In other words, my philosophy of multistability is derived from my direct personal experiences with design multistability, and this philosophy helps me navigate stabilities and de-stabilities without losing my head — or at least not irrecoverably losing my head. I maintain a philosophical self above my practical self, and this transcending self acts as guardian angel over my hazardous pursuits.

Finally…

Religion — religion is the practice of maintaining one’s finite self within an infinitely multistable reality, in full skin-on-skin relation to its infinitude. The very infinitude of not only its quantitative extent in time and space (or whatever other dimensions physicists discover-invent-instaurate for us) is the least of it, because infinity is essentially qualitative. Infinity presents us with a limitless number of limitlessly countable things. Each time we re-stabilize, we notice new givens and we stop seeing relevance in old givens. We are inclined to focus on and count very different givens. Those who have destabilized once often feel elevated and awakened to truth. The scales of the old stability fall from their eyes. Now they know the true Truth. If they have power, they’ll set to work propagating and enforcing it, and no amount of argument can pop them out of their crusade — not even that they are latter-day crusaders. No, they are different, special and unique according to their own criteria, and in this, they are exactly the same as every crusader who ever lived, all of whom were benevolent, insightful and brave champions of whatever floats their boats. It is a tragicomedy of epic proportions that our most hopelessly naive and biased naive realists run around preaching against cognitive bias and naive realism, believing that this objective knowing about is a cure for an incurable subjective condition. I call this metanaivety. It is as old as religion itself. It is the fundamentalist dementia that commits the category mistake of treating subjectivity knowing as objective knowledge. God is not an existent nor nonexistent object, and until an intelligent fundamentalist overcomes the fundamentalist fetter, decency demands atheism.

To be religious is to know the stabilities are unending and that our relationships with one another within this infinitely multistable reality call for destabilization and restabilization, death and rebirth.

Religion is the practice of taking active responsibility for our choice of psychic stability, so we live in awareness of one another within God.

Half-knowns

My way of understanding the world is a two-edged sword.

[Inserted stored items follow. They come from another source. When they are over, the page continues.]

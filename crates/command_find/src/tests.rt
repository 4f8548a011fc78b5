//! Queries on an index text.
use crate::run_find;
use command_endings::Status;
use firefly_outside::{MemSink, MemSource};
use std::alloc::{AllocError, Global};
use std::test::Fail;

const SMALL: &[u8] =
    b"9 1\n  1 2 doc/logo.bin\nab 1\n  1 2 doc/logo.bin\nfirefly 1\n  1 1 README\nindex 2\n  1 1 README\n  2 1 doc/my\\nnotes.txt\nmain 1\n  1 1 src/main.rs\nrun 2\n  1 2 src/main.rs\n  3 1 src/run.rs\n";

// Whether the words, with a space between any two, are answered so.
fn answers(
    alloc: Global,
    words: &str,
    text: &[u8],
    status: Status,
    lines: &[u8],
) -> Result<bool, AllocError> {
    let mut tokens: Vec<String> = Vec::new(alloc);
    for word in words.split(' ') {
        tokens.push(String::from_str(alloc, word)?)?;
    }
    let mut input = MemSource::new(text.to_vec(alloc)?);
    let mut out = MemSink::with_room(alloc, 1000)?;
    let mut notes = MemSink::with_room(alloc, 1000)?;
    let found = run_find(alloc, tokens.as_slice(), &mut input, &mut out, &mut notes);
    Ok(found == status && out.bytes() == lines)
}

#[test]
fn queries_are_answered(rt: HostRuntime) -> Result<(), Fail> {
    let alloc = rt.alloc();
    assert!(rt; answers(alloc, "run & ! main", SMALL, Status::Done, b"src/run.rs\n")?);
    assert!(rt;
        answers(
            alloc,
            "firefly | AB",
            SMALL,
            Status::Done,
            b"README\ndoc/logo.bin\n"
        )?
    );
    assert!(rt;
        answers(
            alloc,
            "! index",
            SMALL,
            Status::Done,
            b"doc/logo.bin\nsrc/main.rs\nsrc/run.rs\n"
        )?
    );
    assert!(rt;
        answers(
            alloc,
            "! ( run | firefly ) & index",
            SMALL,
            Status::Done,
            b"doc/my\\nnotes.txt\n"
        )?
    );
    assert!(rt; answers(alloc, "nothing", SMALL, Status::Done, b"")?);
    Ok(())
}

// Whether a source that gives the text and fails once so many bytes were given ends the command so.
fn fails_after(
    alloc: Global,
    text: &[u8],
    given: usize,
    status: Status,
) -> Result<bool, AllocError> {
    let mut tokens: Vec<String> = Vec::new(alloc);
    tokens.push(String::from_str(alloc, "run")?)?;
    let mut input = MemSource::new(text.to_vec(alloc)?);
    input.fail_after(given);
    let mut out = MemSink::with_room(alloc, 1000)?;
    let mut notes = MemSink::with_room(alloc, 1000)?;
    let found = run_find(alloc, tokens.as_slice(), &mut input, &mut out, &mut notes);
    Ok(found == status && out.bytes().is_empty() && !notes.bytes().is_empty())
}

#[test]
fn a_failed_read_is_reported(rt: HostRuntime) -> Result<(), Fail> {
    let alloc = rt.alloc();
    assert!(rt; fails_after(alloc, SMALL, 0, Status::ReadFault)?);
    assert!(rt; fails_after(alloc, SMALL, 20, Status::ReadFault)?);
    assert!(rt; fails_after(alloc, SMALL, SMALL.len(), Status::ReadFault)?);
    Ok(())
}

#[test]
fn a_bad_byte_comes_before_a_failed_read(rt: HostRuntime) -> Result<(), Fail> {
    let alloc = rt.alloc();
    let text = b"run 1\n  1 x src/run.rs\n".as_slice();
    assert!(rt; fails_after(alloc, text, 11, Status::BadText)?);
    assert!(rt; fails_after(alloc, text, 10, Status::ReadFault)?);
    Ok(())
}

// A row of the word `run` with a file whose path has so many bytes.
fn one_file(alloc: Global, many: usize) -> Result<Vec<u8>, AllocError> {
    let mut text = b"run 1\n  1 1 ".as_slice().to_vec(alloc)?;
    for _ in 0..many {
        text.push(b'p')?;
    }
    text.push(b'\n')?;
    Ok(text)
}

#[test]
fn a_line_may_be_longer_than_what_comes_at_once(rt: HostRuntime) -> Result<(), Fail> {
    let alloc = rt.alloc();
    let mut tokens: Vec<String> = Vec::new(alloc);
    tokens.push(String::from_str(alloc, "run")?)?;
    let mut input = MemSource::new(one_file(alloc, 200_000)?);
    let mut out = MemSink::with_room(alloc, 300_000)?;
    let mut notes = MemSink::with_room(alloc, 1000)?;
    let found = run_find(alloc, tokens.as_slice(), &mut input, &mut out, &mut notes);
    assert!(rt; found == Status::Done && out.bytes().len() == 200_001);
    Ok(())
}

#[test]
fn no_query_is_read_for_nothing(rt: HostRuntime) -> Result<(), Fail> {
    let alloc = rt.alloc();
    assert!(rt; answers(alloc, "& run", SMALL, Status::Usage, b"")?);
    assert!(rt; answers(alloc, "", SMALL, Status::Usage, b"")?);
    assert!(rt; answers(alloc, "( run", SMALL, Status::Usage, b"")?);
    assert!(rt;
        answers(
            alloc,
            "run",
            b"1 2\n  1 2 src/main.rs\n9 1\n",
            Status::BadText,
            b""
        )?
    );
    Ok(())
}
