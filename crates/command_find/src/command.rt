//! The command `find`.
ghost use Rattle.std.specs.Prelude.{◌≤◌, map};
ghost use Rattle.std.specs.String.{string_bytes};
ghost use Rattle.command_endings.specs.Changes.{change_of};
ghost use Rattle.index_find.specs.Postfix.{tree_of};
ghost use Rattle.index_text.specs.Faults.{most_bytes};
ghost use Rattle.command_endings.specs.Endings.{ReportsFault};
ghost use Rattle.command_find.specs.Find.{EndsBy, FindAnswers, Decided};

use crate::lines::print_paths;
use crate::words::read_limit;
use command_endings::{Ending, Status, ends, ends_unread};
use firefly_outside::{Sink, Source};
use index_find::{Query, QueryFault, find_within, read_query};
use std::alloc::Global;

// Answers the query on the index that the input gives, which has at most so many bytes.
fn answer<I: Source, O: Sink, N: Sink>(
    alloc: Global,
    query: Query,
    most: u64,
    input: &mut I,
    out: &mut O,
    notes: &mut N,
) -> Status
    requires { most ≤ most_bytes }
    ensures ends { EndsBy most (tree_of query) (change_of I.left I.faults input.old input.new) (change_of O.held O.faults out.old out.new)
        (change_of N.held N.faults notes.old notes.new) result }
    ensures reported { ReportsFault (change_of I.left I.faults input.old input.new) result }
{
    match find_within(alloc, query, input, most) {
        Ok(paths) => print_paths(paths.as_slice(), out, notes),
        Err(fault) => ends_unread(notes, fault),
    }
}

/// Prints the paths that the words' query means in the index that the input gives, which has at most 67,108,864 bytes, or as many as
/// follow `--limit` in front of the query. Where the words are no such thing, nothing is read.
pub fn run_find<I: Source, O: Sink, N: Sink>(
    alloc: Global,
    words: &[String],
    input: &mut I,
    out: &mut O,
    notes: &mut N,
) -> Status
    ensures answers { FindAnswers (map string_bytes words.now) (change_of I.left I.faults input.old input.new)
        (change_of O.held O.faults out.old out.new) (change_of N.held N.faults notes.old notes.new) result }
    ensures exact { Decided (map string_bytes words.now) (change_of I.left I.faults input.old input.new) result }
    ensures reported { ReportsFault (change_of I.left I.faults input.old input.new) result }
{
    let Some((most, tokens)) = read_limit(words) else {
        return ends(notes, Ending::Usage);
    };
    match read_query(alloc, tokens) {
        Ok(query) => answer(alloc, query, most, input, out, notes),
        Err(QueryFault::NotAQuery) => ends(notes, Ending::Usage),
        Err(QueryFault::Memory) => ends(notes, Ending::Memory),
    }
}
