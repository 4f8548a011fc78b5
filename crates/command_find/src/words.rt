//! The words after `find`.
ghost use Rattle.std.specs.Prelude.{◌≡◌, ◌≤◌, ℕ, List, IfNone, IfSome, map};
ghost use Rattle.std.specs.String.{string_bytes};
ghost use Rattle.index_find.specs.Grammar.{Token};
ghost use Rattle.index_text.specs.Faults.{budget, most_bytes};
ghost use Rattle.command_find.specs.Asking.{Asks, AsksWithin};

use std::string::String;
use text_output::read_number;

// How many bytes an index may have where the words don't say it, and at most.
const BUDGET: u64 = 67_108_864;

const MOST_BYTES: u64 = 1_099_511_627_776;

// A number of bytes, and the query after it.
fn read_within(words: &[String]) -> Option<(u64, &[String])>
    ensures found { IfSome result (λ r. AsksWithin (map string_bytes words.now) r.0 (map string_bytes r.1.now)) }
    ensures few { IfSome result (λ r. r.0 ≤ most_bytes) }
    ensures none { IfNone result ((n : ℕ) (ts : List Token) → AsksWithin (map string_bytes words.now) n ts → ⊥) }
{
    let Some((number, tokens)) = words.split_first() else {
        return None;
    };
    match read_number(number.as_str(), 1, MOST_BYTES) {
        Some(most) => Some((most, tokens)),
        None => None,
    }
}

/// Returns how many bytes the index may have, and the words of the query, or `None` if `--limit`
/// comes first without such a number.
pub fn read_limit(words: &[String]) -> Option<(u64, &[String])>
    ensures found { IfSome result (λ r. Asks (map string_bytes words.now) r.0 (map string_bytes r.1.now)) }
    ensures few { IfSome result (λ r. r.0 ≤ most_bytes) }
    ensures none { IfNone result ((n : ℕ) (ts : List Token) → Asks (map string_bytes words.now) n ts → ⊥) }
{
    match words.split_first() {
        Some((first, rest)) if first.as_str() == "--limit" => read_within(rest),
        _ => Some((BUDGET, words)),
    }
}
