/// Puts of each acquire of one list with each of another why they set nothing apart.
fn put_pairs(
    text: &mut Text,
    graph: &Graph,
    lines: &Lines,
    acquires: &[u32],
    others: &[u32],
) -> Result<(), NoMemory>
    ensures { OnOk result (text.new ≡ text.old ++ pairs_text graph.now lines.now acquires.now others.now) }
{
    for acquire in acquires {
        put_pairs_with(text, graph, lines, others, *acquire)?;
    }
    Ok(())
}

fn put_pairs_with(
    text: &mut Text,
    graph: &Graph,
    lines: &Lines,
    others: &[u32],
    acquire: u32,
) -> Result<(), NoMemory>
    ensures { OnOk result (text.new ≡ text.old ++ pairs_with graph.now lines.now others.now acquire) }
{
    for other in others {
        put_pair(text, graph, lines, acquire, *other)?;
    }
    Ok(())
}

/// Puts of two acquires, where they are of one reservation, why they set nothing apart, or do not order.
fn put_pair(
    text: &mut Text,
    graph: &Graph,
    lines: &Lines,
    one: u32,
    other: u32,
) -> Result<(), NoMemory>
    ensures { OnOk result (text.new ≡ text.old ++ pair_text graph.now lines.now one other) }
{
    if !of_one_lock(graph, one, other) {
        return Ok(());
    }
    if one == other {
        return put_same(text, graph, lines, one);
    }
    if both_shared(graph, one, other) {
        return put_shares(text, graph, lines, one, other);
    }
    put_turn(text, graph, lines, one, other)
}

/// Puts that one reservation keeps two sections apart, and orders nothing.
fn put_turn(
    text: &mut Text,
    graph: &Graph,
    lines: &Lines,
    one: u32,
    other: u32,
) -> Result<(), NoMemory>
    ensures { OnOk result (text.new ≡ text.old ++ turn_text graph.now lines.now one other) }
{
    put_by_number(text, graph, lines, one)?;
    text.put(b" and ")?;
    put_by_number(text, graph, lines, other)?;
    text.put(b" acquire one reservation: it keeps their sections apart, and does not order them\n")
}

fn put_same(text: &mut Text, graph: &Graph, lines: &Lines, acquire: u32) -> Result<(), NoMemory>
    ensures { OnOk result (text.new ≡ text.old ++ (codes "both lie in one section, that of " ++ (by_number graph.now lines.now acquire ++ codes "\n"))) }
{
    text.put(b"both lie in one section, that of ")?;
    put_by_number(text, graph, lines, acquire)?;
    text.put(b"\n")
}

fn put_shares(
    text: &mut Text,
    graph: &Graph,
    lines: &Lines,
    one: u32,
    other: u32,
) -> Result<(), NoMemory>
    ensures { OnOk result (text.new ≡ text.old ++ (by_number graph.now lines.now one ++ (codes " and " ++ (by_number graph.now lines.now other ++ codes " share one reservation\n")))) }
{
    put_by_number(text, graph, lines, one)?;
    text.put(b" and ")?;
    put_by_number(text, graph, lines, other)?;
    text.put(b" share one reservation\n")
}

/// Whether both are there, and are the same.
fn are_equal(one: Option<u32>, other: Option<u32>) -> bool
    ensures { result ≡ are_equal one other }
{
    match (one, other) {
        (Some(one), Some(other)) => one == other,
        _ => false,
    }
}

/// Whether two lines are acquires that are shared.
fn both_shared(graph: &Graph, one: u32, other: u32) -> bool
    ensures { result ≡ both_shared graph.now one other }
{
    is_shared(graph, one) && is_shared(graph, other)
}
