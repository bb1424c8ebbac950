// The exports. Each is refused with 1 where there is no such space. What the lent bytes hold after a batch is not said here: a batch runs on an index
// over any store, and its contracts speak of the store's meaning, not of the loan.
ghost use Rattle.std.specs.Prelude.{◌≡◌, length};
ghost use Rattle.orders.specs.Spaces.{Range};
ghost use Rattle.pages.specs.Cut.{held};
ghost use Rattle.exports.specs.Batches.{z_order, FormatBatch, LodgeBatch, SearchBatch, TallyBatch};

use crate::batch::{Batch, Corners, Searched, format, lodge_all, search_all, tally_all};
use orders::order::ZOrder;
use orders::space::Space;
use pages::memory::MemoryStore;
use searches::find::Find;

// FormatBatch the index.
#[unsafe(no_mangle)]
pub extern "C" fn exports_format(bytes: &mut [u8], n: u8, p: u8, charge: u32) -> Batch
    ensures space { (Range n p → ⊥) → (result ≡ record { done = 0; refusal = 1 }) × (bytes.new ≡ bytes.old) }
    ensures formats { Range n p → FormatBatch (z_order n p) (held bytes.old 0) charge result }
{
    match Space::new(n, p) {
        Ok(space) => format(MemoryStore::over(bytes), ZOrder::over(space), charge),
        Err(refusal) => Batch {
            done: 0,
            refusal: refusal.number(),
        },
    }
}

// Opens the index and lodges one event at each point, up to the first refusal.
#[unsafe(no_mangle)]
pub extern "C" fn exports_lodge(
    bytes: &mut [u8],
    n: u8,
    p: u8,
    charge: u32,
    points: &[[u16; 4]],
) -> Batch
    ensures space { (Range n p → ⊥) → (result ≡ record { done = 0; refusal = 1 }) × (bytes.new ≡ bytes.old) }
    ensures lodges { Range n p → LodgeBatch (z_order n p) (held bytes.old 0) charge points.now result }
{
    match Space::new(n, p) {
        Ok(space) => lodge_all(
            MemoryStore::over(bytes),
            ZOrder::over(space),
            charge,
            points,
        ),
        Err(refusal) => Batch {
            done: 0,
            refusal: refusal.number(),
        },
    }
}

// Opens the index and tallies each point, up to the first refusal or the end of the counts.
#[unsafe(no_mangle)]
pub extern "C" fn exports_tally(
    bytes: &mut [u8],
    n: u8,
    p: u8,
    charge: u32,
    points: &[[u16; 4]],
    counts: &mut [u16],
) -> Batch
    ensures space { (Range n p → ⊥) → (result ≡ record { done = 0; refusal = 1 }) × (bytes.new ≡ bytes.old) × (counts.new ≡ counts.old) }
    ensures tallies { Range n p → TallyBatch (z_order n p) (held bytes.old 0) charge points.now counts.old counts.new result }
{
    match Space::new(n, p) {
        Ok(space) => tally_all(
            MemoryStore::over(bytes),
            ZOrder::over(space),
            charge,
            points,
            counts,
        ),
        Err(refusal) => Batch {
            done: 0,
            refusal: refusal.number(),
        },
    }
}

// Opens the index and searches each box, up to the first refusal. Each search begins anew in the lent memory.
#[unsafe(no_mangle)]
pub extern "C" fn exports_search(
    bytes: &mut [u8],
    n: u8,
    p: u8,
    charge: u32,
    boxes: &[Corners],
    finds: &mut [Find],
) -> Searched
    ensures space { (Range n p → ⊥) → (result ≡ record { done = 0; refusal = 1; finds = 0; reads = 0 }) × (bytes.new ≡ bytes.old) × (finds.new ≡ finds.old) }
    ensures searches { Range n p → SearchBatch (z_order n p) (held bytes.old 0) charge boxes.now finds.old finds.new result }
{
    match Space::new(n, p) {
        Ok(space) => search_all(
            MemoryStore::over(bytes),
            ZOrder::over(space),
            charge,
            boxes,
            finds,
        ),
        Err(refusal) => Searched {
            done: 0,
            refusal: refusal.number(),
            finds: 0,
            reads: 0,
        },
    }
}
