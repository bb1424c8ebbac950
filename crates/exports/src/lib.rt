// The index for callers in other languages: each export opens or formats an index in the Z order over lent memory, and carries out a
// batch of calls.
#![tactic(auto)]

pub mod batch;
pub mod exports;
pub mod opened;
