// Batches of calls.
ghost use Rattle.std.specs.Prelude.{◌≡◌, length};
ghost use Rattle.exports.specs.Batches.{FormatBatch, LodgeBatch, SearchBatch, TallyBatch};
ghost use Rattle.exports.specs.Standing.{Seeks};

use crate::opened::{open_index, shut_index};
use index::index::Index;
use orders::order::PointOrder;
use orders::point::Point;
use orders::space::QueryBox;
use pages::store::PageStore;
use searches::find::{Find, Found};

// How many calls of a batch were accepted, and the number of the refusal that ended it, 0 where none did.
#[repr(C)]
#[derive(Clone, Copy, PartialEq, Eq, Debug)]
pub struct Batch {
    pub done: usize,
    pub refusal: u8,
}

// The same of searches, with how many finds they made and how many pages they read in all.
#[repr(C)]
#[derive(Clone, Copy, PartialEq, Eq, Debug)]
pub struct Searched {
    pub done: usize,
    pub refusal: u8,
    pub finds: usize,
    pub reads: u64,
}

// The lowest and the highest point of a box.
#[repr(C)]
#[derive(Clone, Copy, PartialEq, Eq, Debug)]
pub struct Corners {
    pub low: [u16; 4],
    pub high: [u16; 4],
}

// FormatBatch the index.
pub(crate) fn format<S: PageStore + Drop, O: PointOrder + Drop>(
    store: S,
    order: O,
    charge: u32,
) -> Batch
    ensures { FormatBatch (O.PointOrder.meaning order) (S.PageStore.meaning store) charge result }
{
    let mut index = shut_index(store, order, charge);
    match index.format() {
        Ok(()) => Batch {
            done: 1,
            refusal: 0,
        },
        Err(fault) => Batch {
            done: 0,
            refusal: fault.number(),
        },
    }
}

// Opens the index and lodges one event at each point.
pub(crate) fn lodge_all<S: PageStore + Drop, O: PointOrder + Drop>(
    store: S,
    order: O,
    charge: u32,
    points: &[[u16; 4]],
) -> Batch
    ensures { LodgeBatch (O.PointOrder.meaning order) (S.PageStore.meaning store) charge points.now result }
{
    let mut index = match open_index(store, order, charge) {
        Ok(index) => index,
        Err(refusal) => return Batch { done: 0, refusal },
    };
    for (i, coords) in points.iter().enumerate() {
        if let Err(fault) = index.lodge(Point { coords: *coords }) {
            return Batch {
                done: i,
                refusal: fault.number(),
            };
        }
    }
    Batch {
        done: points.len(),
        refusal: 0,
    }
}

// Opens the index, tallies each point and puts its count at its place.
pub(crate) fn tally_all<S: PageStore + Drop, O: PointOrder + Drop>(
    store: S,
    order: O,
    charge: u32,
    points: &[[u16; 4]],
    counts: &mut [u16],
) -> Batch
    ensures { TallyBatch (O.PointOrder.meaning order) (S.PageStore.meaning store) charge points.now counts.old counts.new result }
{
    let mut index = match open_index(store, order, charge) {
        Ok(index) => index,
        Err(refusal) => return Batch { done: 0, refusal },
    };
    let many = points.len().min(counts.len());
    for i in 0..many {
        match index.tally(Point { coords: points[i] }) {
            Ok(count) => counts[i] = count,
            Err(fault) => return Batch {
                done: i,
                refusal: fault.number(),
            },
        }
    }
    Batch {
        done: many,
        refusal: 0,
    }
}

// The finds and the reads of one search; or the number of its refusal.
fn search_one<S: PageStore, O: PointOrder>(
    index: &mut Index<S, O>,
    corners: Corners,
    finds: &mut [Find],
) -> Result<Found, u8>
    ensures seeks { Seeks S.PageStore.meaning O.PointOrder.meaning index.old corners finds.old result index.new finds.new }
    ensures order { index.new.order ≡ index.old.order }
{
    let Corners { low, high } = corners;
    match QueryBox::new(Point { coords: low }, Point { coords: high }) {
        Ok(query) => index
            .search(&query, 0, finds)
            .map_err(|fault| fault.number()),
        Err(refusal) => Err(refusal.number()),
    }
}

// Opens the index and searches each box, from its first address, into the same lent memory.
pub(crate) fn search_all<S: PageStore + Drop, O: PointOrder + Drop>(
    store: S,
    order: O,
    charge: u32,
    boxes: &[Corners],
    finds: &mut [Find],
) -> Searched
    ensures { SearchBatch (O.PointOrder.meaning order) (S.PageStore.meaning store) charge boxes.now finds.old finds.new result }
{
    let mut searched = Searched {
        done: 0,
        refusal: 0,
        finds: 0,
        reads: 0,
    };
    let mut index = match open_index(store, order, charge) {
        Ok(index) => index,
        Err(refusal) => return Searched {
            refusal,
            ..searched
        },
    };
    for (i, corners) in boxes.iter().enumerate() {
        match search_one(&mut index, *corners, finds) {
            Ok(found) => {
                searched.done = i + 1;
                searched.finds = searched.finds.saturating_add(found.count);
                searched.reads = searched.reads.saturating_add(found.reads as u64);
            }
            Err(refusal) => return Searched {
                refusal,
                ..searched
            },
        }
    }
    searched
}
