// An index over a store.
ghost use Rattle.std.specs.Prelude.{MatchResult};
ghost use Rattle.exports.specs.Standing.{StandsAt, Unopened};
ghost use Rattle.exports.specs.Batches.{granted, opened};

use index::index::Index;
use layout::visit::Visit;
use orders::order::PointOrder;
use pages::store::PageStore;

// An index, shut, with this charge.
pub(crate) fn shut_index<S: PageStore + Drop, O: PointOrder + Drop>(
    store: S,
    order: O,
    charge: u32,
) -> Index<S, O>
    ensures { StandsAt S.PageStore.meaning O.PointOrder.meaning store order (granted charge) result }
{
    let mut index = Index::new(store, order);
    index.grant(charge);
    index
}

// An index, open; or the number of the refusal.
pub(crate) fn open_index<S: PageStore + Drop, O: PointOrder + Drop>(
    store: S,
    order: O,
    charge: u32,
) -> Result<Index<S, O>, u8>
    ensures { MatchResult result (StandsAt S.PageStore.meaning O.PointOrder.meaning store order (opened charge)) (Unopened (O.PointOrder.meaning order) (S.PageStore.meaning store) charge) }
{
    let mut index = shut_index(store, order, charge);
    let mut work = [Visit::default(); 64];
    match index.open(&mut work) {
        Ok(()) => Ok(index),
        Err(fault) => Err(fault.number()),
    }
}
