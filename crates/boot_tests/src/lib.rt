//! The tests of `boot_objects`, `boot_report`, `boot_threads` and `synth_kernel`, in a crate of their own. Beside each
//! of these crates they would prove it once more, and a test crate for each would have all below built for each.
#![tactic(auto)]

#[cfg(test)]
mod boots;
#[cfg(test)]
mod crews;
#[cfg(test)]
mod examples;
#[cfg(test)]
mod fixtures;
#[cfg(test)]
mod heard;
#[cfg(test)]
mod kernels;
#[cfg(test)]
mod making;
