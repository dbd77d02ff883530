//! The objects of a script.

use crate::fixtures::plan_if_given;
use boot_objects::{Objects, make_objects};
use boot_script::parse_boot;
use event_theory::OutOfMemory;
use processor::{Shared, Station};
use std::alloc::Global;
use std::panic::Expect;
use std::process::Abort;
use std::test::*;

/// A script with an object of each kind.
const SCRIPT: &[u8] =
    b"synthesis 3\nqueue a\npipe b 0 1\nqueue c\npump p a b\nswitch s b c x a y b\ntty t\ntype t hi\ntty u\ngauge g\nthread v\nsay a hi\nhear t.line\npoke p\nalarm 2 v 3";

/// Asserts how many queues, chains, devices and threads there are.
fn assert_shared<R: Abort>(rt: &R, shared: &Shared, devices: usize) {
    assert!(rt; (shared.queues.small.len(), shared.queues.large.len()) == (5, 4));
    assert!(rt; (shared.chains.len(), devices) == (4, 2));
    assert!(rt; shared.plan.threads.as_slice().len() == 1);
}

/// How many ends of queues of each size a station has, and how many ends of chains.
fn count_ends(station: Station) -> (usize, usize, usize) {
    let parts = station.into_parts();
    (
        parts.queues.small.len(),
        parts.queues.large.len(),
        parts.chains.len(),
    )
}

/// Asserts how many of each there are.
fn assert_counts<R: Abort>(rt: &R, made: Objects) {
    assert_shared(rt, &made.shared, made.devices.len());
    assert!(rt; count_ends(made.station) == (5, 4, 4));
}

/// There are as many of each as the script asks for.
#[test]
fn counts_are_those_of_the_script(rt: HostRuntime) {
    let plan = parse_boot(rt.alloc(), SCRIPT).expect(&rt, "script");
    let Ok(made) = make_objects(rt.alloc(), plan) else {
        panic!(rt; "memory")
    };
    assert_counts(&rt, made);
}

/// Makes the objects once, and returns whether there was memory.
fn are_made<R: Abort>(rt: &R, alloc: Global) -> bool {
    let Some(plan) = plan_if_given(rt, alloc, SCRIPT) else {
        return false;
    };
    match make_objects(alloc, plan) {
        Ok(objects) => {
            assert_counts(rt, objects);
            true
        }
        Err(error) => {
            assert!(rt; error == OutOfMemory);
            false
        }
    }
}

/// If an allocation is refused there are no objects, and the next try has them.
#[test]
fn memory_may_run_out(rt: HostRuntime) {
    let mut made = false;
    for _ in 0..4u8 {
        made |= are_made(&rt, rt.alloc());
    }
    assert!(rt; made);
}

On one hand, what I understand, I understand deeply, clearly and practically. But, on the other hand, that which I do not understand with depth, clarity and practicality, I am unable to deal with at all.

And since most of what goes on in the practical world ranges between one-quarter and three-quarters nonsense, much of what goes on around me leaves me baffled, anxious and paralyzed.

In these cases, my only hope is to investigate whatever reality it is that people are semi-comprehending and to uncover the kinds of intuitive meaning participants in these realities are making of it. These varying intuitive meanings are what animate (literally) the measurable behaviors that distant data-mongers scrupulously gather and unscrupulously interpret into that soup of industry wisdom, consisting tough objective facts floating in a germy broth of subjective nonsense.

Until I do design research and root what I know in actuality, I know pretty much nothing.


Most people I know consider something half-known known. They can say words and move their faces and bodies in ways that suggest they understand. I’d do this, too, if I had more talent for playacting. But I don’t, so I denigrate it.